State of play: Council member Anita Bonds recently introduced a measure that would allow more landlords to bypass the law as part of the Rebalancing Expectations for Neighbors, Tenants, and Landlords Act (RENTAL Act).
- The legislation passed last month but Bonds' measure, introduced at the last minute, created a technical error, forcing the council to vote again.
Driving the news: The RENTAL Act is up for a revote Tuesday, a spokesperson for Council Chair Phil Mendelson tells Axios.
- That includes Bonds' measure, which would apply to landlords of two-to-four-unit buildings who don't own more than two housing properties in D.C.
- Some members say they didn't have enough time to properly review the measure before it passed. Mayor Muriel Bowser, who introduced the bill earlier this year, has suggested she wants the issue settled quickly.
What they're saying: Bonds has said the measure would protect older landlords who have converted their homes into rentals.
- "We want to protect those who have invested in the city and in their home for years," Kevin Chavous, a spokesperson for Bonds, tells Axios.

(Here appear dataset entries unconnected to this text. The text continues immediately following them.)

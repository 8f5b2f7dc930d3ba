//! The values read so far in a row.

ghost use Rattle.std.specs.Prelude.{◌≡◌, ◌-◌, ◌<◌, ◌≤◌, drop, length, slice_index};
ghost use Rattle.cet_page.specs.ValsData.{vals_after, no_vals, most_values, most_accesses};

use crate::cursors::Cursor;
use cet_words::Access;
use std::marker::Model;

/// How many values a row may keep; the rows that keep most keep 7.
const MOST_KEPT: usize = 32;

/// The values kept in a row, at most 32, and the number of its accesses so far, at most 4,096; the longest
/// row makes 1,032. All accesses but stores keep their value.
#[derive(Drop)]
pub struct Vals {
    kept: [u64; MOST_KEPT],
    used: usize,
    accesses: u32,
}

impl Model for Vals {
    ghost use Rattle.std.specs.Prelude.{take, ◌≤◌};
    ghost use Rattle.cet_page.specs.ValsData.{ValsData, most_values, most_accesses};

    ghost Value = { ValsData };

    ghost view = { λ v. record { accesses = v.accesses; values = take v.used v.kept } };

    ghost invariant = { λ v. (v.used ≤ most_values) × (v.accesses ≤ most_accesses) };
}

impl Vals {
    /// No value and no access.
    pub fn new() -> Vals
        ensures { result ≡ no_vals }
    {
        Vals {
            kept: [0; MOST_KEPT],
            used: 0,
            accesses: 0,
        }
    }

    /// Forgets all values and accesses.
    pub fn clear(&mut self)
        ensures { self.new ≡ no_vals }
    {
        self.used = 0;
        self.accesses = 0;
    }

    /// Counts an access, and keeps its value unless it is a store.
    pub fn add(&mut self, access: Access, value: u64)
        requires room { length self.old.values < most_values }
        requires more { self.old.accesses < most_accesses }
        ensures { self.new ≡ vals_after self.old access value }
    {
        self.accesses += 1;
        match access {
            Access::Store(_, _) => {}
            _ => {
                self.kept[self.used] = value;
                self.used += 1;
            }
        }
    }

    /// The number of accesses.
    pub fn done(&self) -> u32
        ensures { result ≡ self.now.accesses }
    {
        self.accesses
    }

    /// The number of values kept.
    pub fn count(&self) -> u32
        ensures { result ≡ length self.now.values }
    {
        self.used as u32
    }

    /// The value kept at this place, counted from 0.
    pub fn value(&self, at: u32) -> u64
        requires { at < length self.now.values }
        ensures { result ≡ slice_index self.now.values at }
    {
        self.kept[at as usize]
    }

    /// The place behind the first accesses, so many, each of which kept its value.
    pub fn behind(&self, count: u32) -> Cursor<'_>
        requires accesses { count ≤ self.now.accesses }
        requires values { count ≤ length self.now.values }
        ensures left { result.left ≡ self.now.accesses - count }
        ensures rest { result.rest.now ≡ drop count self.now.values }
    {
        Cursor {
            left: self.accesses - count,
            rest: &self.kept[count as usize..self.used],
        }
    }

    /// The place before the first access.
    pub fn start(&self) -> Cursor<'_>
        ensures left { result.left ≡ self.now.accesses }
        ensures rest { result.rest.now ≡ self.now.values }
    {
        Cursor {
            left: self.accesses,
            rest: &self.kept[..self.used],
        }
    }
}
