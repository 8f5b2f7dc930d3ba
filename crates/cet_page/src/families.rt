//! The parts of the machine that carry instructions.

ghost use Rattle.std.specs.Prelude.{◌≡◌};
ghost use Rattle.cet_page.specs.Family.{family_of};

use cet_isa::Instr;

/// Which part of the machine carries an instruction.
#[derive(Clone, Copy, Debug, PartialEq, Eq)]
pub enum Family {
    /// Moves, arithmetic, tests, shifts and locked operations.
    Arithmetic,
    /// Calls, returns, pushes, pops and jumps.
    Flow,
    /// What the user does with shadow stacks.
    ShadowStacks,
    /// SYSCALL.
    SystemCall,
    /// SETSSBSY and CLRSSBSY, which are the supervisor's.
    Supervisor,
}

/// The part of the machine that carries an instruction.
pub fn family_of(instr: &Instr) -> Family
    ensures { result ≡ family_of instr.now }
{
    match *instr {
        Instr::CallRel { .. }
        | Instr::CallInd { .. }
        | Instr::Ret
        | Instr::RetImm { .. }
        | Instr::Push { .. }
        | Instr::Pop { .. }
        | Instr::Leave
        | Instr::JmpRel { .. }
        | Instr::JmpInd { .. }
        | Instr::Jcc { .. } => Family::Flow,
        Instr::Syscall => Family::SystemCall,
        Instr::Incsspq { .. }
        | Instr::Rdsspq { .. }
        | Instr::Rstorssp { .. }
        | Instr::Saveprevssp
        | Instr::Wrssq { .. }
        | Instr::Wrussq { .. } => Family::ShadowStacks,
        Instr::Setssbsy | Instr::Clrssbsy { .. } => Family::Supervisor,
        _ => Family::Arithmetic,
    }
}
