//! The page check by the codes of the manual; what a row keeps.

use crate::{
    Cursor, Kind, Mark, Suspended, Vals, Who, check, frame_ssp, frame_word, index_of,
    is_frame_word, is_previous_token, previous_ssp, previous_token, restore_token,
    restore_token_at, saved_at,
};
use cet_isa::{Fault, FaultName};
use cet_words::Access;
use std::test::Fail;

const KINDS: [Kind; 5] = [
    Kind::Fetch,
    Kind::Load,
    Kind::Store,
    Kind::ShadowLoad,
    Kind::ShadowStore,
];

const NO_EXECUTE: u64 = 1 << 63;

/// What passes the page check.
const PASSES: u32 = 999;

/// The codes of the page faults of the five kinds of access, for an absent page and for each entry that
/// a present page may have. They follow the bits of the manual: P 1, W 2, U 4, I 16, SS 64.
const CODES: [(u64, Who, [u32; 5]); 14] = [
    (0, Who::User, [20, 4, 6, 68, 70]),
    (0x25, Who::User, [PASSES, PASSES, 7, 69, 71]),
    (NO_EXECUTE | 0x25, Who::User, [21, PASSES, 7, 69, 71]),
    (NO_EXECUTE | 0x67, Who::User, [21, PASSES, PASSES, 69, 71]),
    (
        NO_EXECUTE | 0x65,
        Who::User,
        [21, PASSES, 7, PASSES, PASSES],
    ),
    (NO_EXECUTE | 0x63, Who::User, [21, 5, 7, 69, 71]),
    (NO_EXECUTE | 0x61, Who::User, [21, 5, 7, 69, 71]),
    (0, Who::Supervisor, [16, 0, 2, 64, 66]),
    (0x25, Who::Supervisor, [17, 1, 3, 65, 67]),
    (NO_EXECUTE | 0x25, Who::Supervisor, [17, 1, 3, 65, 67]),
    (NO_EXECUTE | 0x67, Who::Supervisor, [17, 1, 3, 65, 67]),
    (NO_EXECUTE | 0x65, Who::Supervisor, [17, 1, 3, 65, 67]),
    (
        NO_EXECUTE | 0x63,
        Who::Supervisor,
        [17, PASSES, PASSES, 65, 67],
    ),
    (
        NO_EXECUTE | 0x61,
        Who::Supervisor,
        [17, PASSES, 3, PASSES, PASSES],
    ),
];

#[test]
fn page_checks(rt: HostRuntime) -> Result<(), Fail> {
    for (entry, who, codes) in CODES {
        for (kind, code) in KINDS.into_iter().zip(codes) {
            match check(entry, kind, who, 0x40_1008) {
                Ok(()) => assert_eq!(rt; code, PASSES, "{entry:x} {kind:?} {who:?}"),
                Err(fault) => {
                    assert_eq!(rt; fault.code, code, "{entry:x} {kind:?} {who:?}");
                    assert_eq!(rt; fault.name, FaultName::Pf);
                    assert_eq!(rt; (fault.a, fault.b), (0x40_1008, entry));
                }
            }
        }
    }
    Ok(())
}

#[test]
fn indices_and_values(rt: HostRuntime) {
    assert_eq!(rt; index_of(0x40_1fff), 1);
    assert_eq!(rt; index_of(0xffff_ffff_ffff_ffff), 511);

    let mut vals = Vals::new();
    vals.add(Access::Load(7), 40);
    vals.add(Access::Store(7, 41), 0);
    vals.add(Access::Look(1), 42);
    assert_eq!(rt; (vals.done(), vals.count()), (3, 2));
    assert_eq!(rt; (vals.value(0), vals.value(1)), (40, 42));
}

/// After so many accesses the stores of three values want the next value, and after three they are over.
#[test]
fn stores_of_a_list(rt: HostRuntime) {
    let values = [70, 80, 90];
    let mut vals = Vals::new();
    let wanted = |word, value| Err(Suspended::Access(Access::Store(word, value), Mark::Plain));
    assert_eq!(rt; vals.start().store_each(512, &values), wanted(512, 70));
    vals.add(Access::Store(512, 70), 0);
    assert_eq!(rt; vals.start().store_each(512, &values), wanted(513, 80));
    vals.add(Access::Store(513, 80), 0);
    assert_eq!(rt; vals.start().store_each(512, &values), wanted(514, 90));
    vals.add(Access::Store(514, 90), 0);
    vals.add(Access::Load(7), 40);
    let mut at = vals.start();
    assert_eq!(rt; at.store_each(512, &values), Ok(()));
    assert_eq!(rt; at.load(7), Ok(40));
    assert_eq!(rt; at.left, 0);
}

/// By hand: 0x200008ff0 is a multiple of 8, 0x200008ffd isn't, and the others are at the ends of the range.
#[test]
fn tokens_of_any_pointer(rt: HostRuntime) {
    assert_eq!(rt; restore_token(0x2_0000_8ff0), 0x2_0000_8ff1);
    assert_eq!(rt; restore_token(0x2_0000_8ffd), 0x2_0000_8ffd);
    assert_eq!(rt; restore_token_at(0x2_0000_8fe8), 0x2_0000_8ff1);
    assert_eq!(rt; restore_token_at(0xffff_ffff_ffff_fff8), 1);
    assert_eq!(rt; previous_token(0x2_0000_8ff0), 0x2_0000_8ff3);
    assert_eq!(rt; previous_token(0x2_0000_8ffd), 0x2_0000_8fff);
    assert_eq!(rt;
        (
            is_previous_token(0x2_0000_8ff3),
            is_previous_token(0x2_0000_8ff1)
        ),
        (true, false)
    );
    assert_eq!(rt;
        (previous_ssp(0x2_0000_8ff3), previous_ssp(0x2_0000_8fff)),
        (0x2_0000_8ff0, 0x2_0000_8ffc)
    );
    assert_eq!(rt;
        (saved_at(0x2_0000_8ff0), saved_at(0x2_0000_8ffc)),
        (0x2_0000_8fe8, 0x2_0000_8ff0)
    );
    assert_eq!(rt;
        (saved_at(0), saved_at(4)),
        (0xffff_ffff_ffff_fff8, 0xffff_ffff_ffff_fff8)
    );
    assert_eq!(rt; frame_word(0x2_0000_8ff0), 0x8000_0002_0000_8ff0);
    assert_eq!(rt; frame_word(0xffff_8000_0000_0000), 0xffff_8000_0000_0000);
    assert_eq!(rt;
        (is_frame_word(1 << 63), is_frame_word((1 << 63) - 1)),
        (true, false)
    );
    assert_eq!(rt; frame_ssp(0x8000_0002_0000_8ff0), 0x2_0000_8ff0);
}

/// The place after one access that was answered so.
fn after(rest: &[u64; 1]) -> Cursor<'_> {
    Cursor { left: 1, rest }
}

fn fault<T>(name: FaultName, code: u32, a: u64, b: u64) -> Result<T, Suspended> {
    Err(Suspended::Fault(Fault { name, code, a, b }))
}

/// The last page of the first shadow stack as one, and with R/W; an address on no page is looked at without an access.
#[test]
fn looks_and_tests(rt: HostRuntime) {
    let top = 0x2_0000_8ff8;
    let nowhere = 0x7000_0000_0000;
    let entry = [0x8000_0000_0094_8065];
    let writable = [0x8000_0000_0094_8067];
    let (kind, who) = (Kind::ShadowStore, Who::User);
    let vals = Vals::new();
    let mut before = vals.start();
    let wanted = Suspended::Access(Access::Look(2120), Mark::Plain);
    assert_eq!(rt; before.probe(kind, who, top), Err(wanted));
    assert_eq!(rt; before.look_as(kind, who, top), Err(wanted));
    assert_eq!(rt; before.probe(kind, who, nowhere), Ok(None));
    assert_eq!(rt; after(&entry).probe(kind, who, top), Ok(Some(2120)));
    assert_eq!(rt; after(&entry).look_as(kind, who, top), Ok(2120));
    assert_eq!(rt; after(&writable).probe(kind, who, top), Ok(None));
    assert_eq!(rt;
        after(&writable).look_as(kind, who, top),
        fault(FaultName::Pf, 71, top, writable[0])
    );

    assert_eq!(rt; before.check_address(top, 8), Ok(()));
    assert_eq!(rt;
        before.check_address(top + 4, 8),
        fault(FaultName::Ac, 0, top + 4, 0)
    );
    assert_eq!(rt; before.check_address_gp(top, 8), Ok(()));
    assert_eq!(rt;
        before.check_address_gp(top + 4, 8),
        fault(FaultName::Gp, 0, 0, 0)
    );
    assert_eq!(rt;
        before.check_address_gp(0x8000_0000_0000, 8),
        fault(FaultName::Gp, 0, 0, 0)
    );

    let wanted = Suspended::Access(Access::FetchOr(1_605_664, 1), Mark::Plain);
    assert_eq!(rt; before.fetch_or(1_605_664, 1), Err(wanted));
    assert_eq!(rt; after(&[6]).fetch_or(1_605_664, 1), Ok(6));
    let wanted = Suspended::Access(Access::FetchAnd(1_605_664, 5), Mark::Plain);
    assert_eq!(rt; before.fetch_and(1_605_664, 5), Err(wanted));
    assert_eq!(rt; after(&[6]).fetch_and(1_605_664, 5), Ok(6));
}

fn is_sent<T: Send>() {}

#[test]
fn goes_to_other_threads() {
    is_sent::<Vals>();
}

- Bonds also argued this addition would not have a big effect on sales to tenants, pointing to a city-issued study that found no examples of such sales at these types of properties. (Which some tenant advocates have questioned.)
Yes, but: A recent Urban Institute report found that most tenant notices of their landlord's plans to sell were filed at two-to-four-unit properties.
- Most of these properties are owned by individuals in wards 5, 6 and 7.
Ward 1 Council member Brianne Nadeau, who voted no last month, tells Axios in a statement that "all tenants, regardless of the size of the building they live in, deserve the right to have a say in what happens to their home."
- "I'm sympathetic to the needs of individual owners of small multifamily buildings and I am confident there are ways to meet those needs without taking away this foundational right."
Zoom out: Overall, the RENTAL Act would allow landlords to evict tenants quicker and would tweak tenant protection laws — such as giving some tenants a "cooling off" period before they can exert their TOPA rights and exempting new multifamily properties built in the last 15 years.
- This comes after the District eased eviction laws and upped tenant protections during COVID, after which unpaid rents skyrocketed and eviction cases backlogged.
What we're watching: Council member Janeese Lewis George's office has circulated an amendment to kill Bonds' measure, a spokesperson tells Axios.
- "The Council and the public must be given the time and opportunity to fully consider the consequences of such a significant policy change," the amendment reads.